== WHAT YOU NEED TO DO ==
Go through the material and pull out every line with the string "ghost" in it.

*** INFORMATION SHOWN Section Begins ***

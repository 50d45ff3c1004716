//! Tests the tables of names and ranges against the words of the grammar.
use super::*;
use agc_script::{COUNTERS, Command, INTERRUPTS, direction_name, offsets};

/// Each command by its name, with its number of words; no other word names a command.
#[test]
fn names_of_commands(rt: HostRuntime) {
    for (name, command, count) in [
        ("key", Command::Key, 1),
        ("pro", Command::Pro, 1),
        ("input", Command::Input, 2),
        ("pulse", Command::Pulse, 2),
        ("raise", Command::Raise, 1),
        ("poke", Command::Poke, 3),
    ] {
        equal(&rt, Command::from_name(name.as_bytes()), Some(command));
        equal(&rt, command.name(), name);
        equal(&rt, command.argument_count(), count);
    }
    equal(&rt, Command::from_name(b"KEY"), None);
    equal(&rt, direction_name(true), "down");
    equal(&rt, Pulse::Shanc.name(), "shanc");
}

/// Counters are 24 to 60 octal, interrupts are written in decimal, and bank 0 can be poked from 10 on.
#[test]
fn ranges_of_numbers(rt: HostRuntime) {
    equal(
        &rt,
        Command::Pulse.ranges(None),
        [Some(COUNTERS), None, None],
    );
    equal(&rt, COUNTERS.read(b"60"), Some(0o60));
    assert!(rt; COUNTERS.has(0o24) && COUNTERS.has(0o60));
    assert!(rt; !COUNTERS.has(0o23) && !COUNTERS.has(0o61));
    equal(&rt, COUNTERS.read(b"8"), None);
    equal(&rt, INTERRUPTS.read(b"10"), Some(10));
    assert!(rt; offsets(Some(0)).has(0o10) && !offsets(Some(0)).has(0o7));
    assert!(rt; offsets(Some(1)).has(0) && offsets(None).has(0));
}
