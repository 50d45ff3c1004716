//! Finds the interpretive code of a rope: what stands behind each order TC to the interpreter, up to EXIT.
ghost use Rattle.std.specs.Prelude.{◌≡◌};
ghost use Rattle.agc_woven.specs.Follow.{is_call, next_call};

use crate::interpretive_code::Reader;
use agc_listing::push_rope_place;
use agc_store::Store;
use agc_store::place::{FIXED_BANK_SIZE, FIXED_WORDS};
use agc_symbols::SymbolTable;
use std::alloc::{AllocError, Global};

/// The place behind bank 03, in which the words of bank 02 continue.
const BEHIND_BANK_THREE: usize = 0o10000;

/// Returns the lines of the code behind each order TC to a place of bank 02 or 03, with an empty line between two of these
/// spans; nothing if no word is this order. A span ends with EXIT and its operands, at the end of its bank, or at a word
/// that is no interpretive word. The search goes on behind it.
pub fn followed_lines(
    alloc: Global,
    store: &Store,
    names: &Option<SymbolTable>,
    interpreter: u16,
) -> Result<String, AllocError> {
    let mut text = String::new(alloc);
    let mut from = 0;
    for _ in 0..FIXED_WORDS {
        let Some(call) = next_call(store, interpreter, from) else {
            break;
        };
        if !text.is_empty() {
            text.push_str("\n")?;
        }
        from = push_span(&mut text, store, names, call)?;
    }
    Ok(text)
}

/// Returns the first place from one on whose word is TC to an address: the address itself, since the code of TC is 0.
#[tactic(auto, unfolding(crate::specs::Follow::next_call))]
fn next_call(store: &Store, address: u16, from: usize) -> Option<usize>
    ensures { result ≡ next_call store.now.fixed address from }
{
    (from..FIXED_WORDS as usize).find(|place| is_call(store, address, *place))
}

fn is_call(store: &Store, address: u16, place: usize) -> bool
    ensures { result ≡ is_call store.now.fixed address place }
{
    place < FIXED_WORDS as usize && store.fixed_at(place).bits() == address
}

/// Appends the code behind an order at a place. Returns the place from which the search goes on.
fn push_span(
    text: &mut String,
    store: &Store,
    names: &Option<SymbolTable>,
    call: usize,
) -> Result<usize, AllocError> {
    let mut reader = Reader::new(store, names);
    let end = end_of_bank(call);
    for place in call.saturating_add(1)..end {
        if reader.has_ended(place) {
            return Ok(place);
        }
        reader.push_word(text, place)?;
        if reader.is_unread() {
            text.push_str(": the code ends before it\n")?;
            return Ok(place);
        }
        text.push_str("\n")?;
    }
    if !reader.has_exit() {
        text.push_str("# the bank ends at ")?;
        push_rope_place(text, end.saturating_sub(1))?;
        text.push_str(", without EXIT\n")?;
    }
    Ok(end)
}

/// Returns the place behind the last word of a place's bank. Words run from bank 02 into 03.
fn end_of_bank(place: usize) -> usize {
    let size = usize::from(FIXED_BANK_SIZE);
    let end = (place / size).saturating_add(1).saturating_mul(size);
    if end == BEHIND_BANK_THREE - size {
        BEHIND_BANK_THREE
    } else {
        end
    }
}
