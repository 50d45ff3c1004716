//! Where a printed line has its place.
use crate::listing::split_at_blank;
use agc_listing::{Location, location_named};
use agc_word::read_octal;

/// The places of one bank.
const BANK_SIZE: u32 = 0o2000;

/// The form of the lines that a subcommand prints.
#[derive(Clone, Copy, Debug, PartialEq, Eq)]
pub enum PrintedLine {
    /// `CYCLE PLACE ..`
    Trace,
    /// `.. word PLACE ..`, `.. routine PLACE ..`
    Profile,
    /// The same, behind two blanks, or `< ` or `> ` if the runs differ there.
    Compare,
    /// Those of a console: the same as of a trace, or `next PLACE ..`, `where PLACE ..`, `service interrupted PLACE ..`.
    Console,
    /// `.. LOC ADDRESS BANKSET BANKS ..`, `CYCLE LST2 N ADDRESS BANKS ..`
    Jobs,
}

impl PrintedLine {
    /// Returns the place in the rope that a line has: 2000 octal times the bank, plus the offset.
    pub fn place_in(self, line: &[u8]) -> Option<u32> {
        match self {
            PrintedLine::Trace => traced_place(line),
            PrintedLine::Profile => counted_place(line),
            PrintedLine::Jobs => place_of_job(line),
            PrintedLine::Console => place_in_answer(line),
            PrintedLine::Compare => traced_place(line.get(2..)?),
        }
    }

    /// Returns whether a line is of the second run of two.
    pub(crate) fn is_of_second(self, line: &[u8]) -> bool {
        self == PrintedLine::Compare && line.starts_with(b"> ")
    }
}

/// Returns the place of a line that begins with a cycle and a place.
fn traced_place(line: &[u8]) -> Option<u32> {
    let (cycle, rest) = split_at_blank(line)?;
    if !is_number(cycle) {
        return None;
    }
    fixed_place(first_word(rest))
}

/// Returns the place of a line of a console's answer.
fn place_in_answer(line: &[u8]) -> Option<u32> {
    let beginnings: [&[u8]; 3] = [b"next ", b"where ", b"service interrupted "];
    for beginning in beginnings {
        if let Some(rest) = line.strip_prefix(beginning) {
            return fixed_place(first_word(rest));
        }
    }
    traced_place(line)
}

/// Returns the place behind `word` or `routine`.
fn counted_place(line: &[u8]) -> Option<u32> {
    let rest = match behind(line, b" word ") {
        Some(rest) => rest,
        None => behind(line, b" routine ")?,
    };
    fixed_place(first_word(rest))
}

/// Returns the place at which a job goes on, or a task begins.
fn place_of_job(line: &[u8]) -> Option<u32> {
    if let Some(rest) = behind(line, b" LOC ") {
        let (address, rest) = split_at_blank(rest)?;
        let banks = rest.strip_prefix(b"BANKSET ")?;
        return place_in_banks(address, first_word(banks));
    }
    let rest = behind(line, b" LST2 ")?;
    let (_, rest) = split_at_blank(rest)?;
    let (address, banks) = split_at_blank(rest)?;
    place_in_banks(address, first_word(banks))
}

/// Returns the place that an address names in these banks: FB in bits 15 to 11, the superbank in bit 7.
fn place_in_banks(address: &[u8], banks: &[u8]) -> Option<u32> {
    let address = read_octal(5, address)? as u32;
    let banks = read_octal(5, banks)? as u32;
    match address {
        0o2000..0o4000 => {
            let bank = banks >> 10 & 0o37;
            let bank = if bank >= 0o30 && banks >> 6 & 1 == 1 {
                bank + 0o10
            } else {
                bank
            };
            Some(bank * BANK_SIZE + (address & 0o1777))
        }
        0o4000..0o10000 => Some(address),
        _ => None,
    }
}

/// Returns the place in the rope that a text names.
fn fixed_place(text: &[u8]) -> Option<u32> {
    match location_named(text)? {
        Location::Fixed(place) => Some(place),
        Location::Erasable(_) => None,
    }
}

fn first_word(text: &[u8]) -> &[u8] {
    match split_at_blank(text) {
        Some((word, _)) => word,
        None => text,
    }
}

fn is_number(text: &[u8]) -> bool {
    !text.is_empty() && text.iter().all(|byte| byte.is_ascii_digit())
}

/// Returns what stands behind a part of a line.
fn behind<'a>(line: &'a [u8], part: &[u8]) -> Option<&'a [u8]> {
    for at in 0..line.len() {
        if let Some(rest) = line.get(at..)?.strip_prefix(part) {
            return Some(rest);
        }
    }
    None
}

*** INFORMATION SHOWN Section Ends ***

== SOLUTION ==
ghost use Rattle.std.specs.Prelude.{◌≡◌};
ghost use Rattle.agc_woven.specs.Follow.{is_call, next_call};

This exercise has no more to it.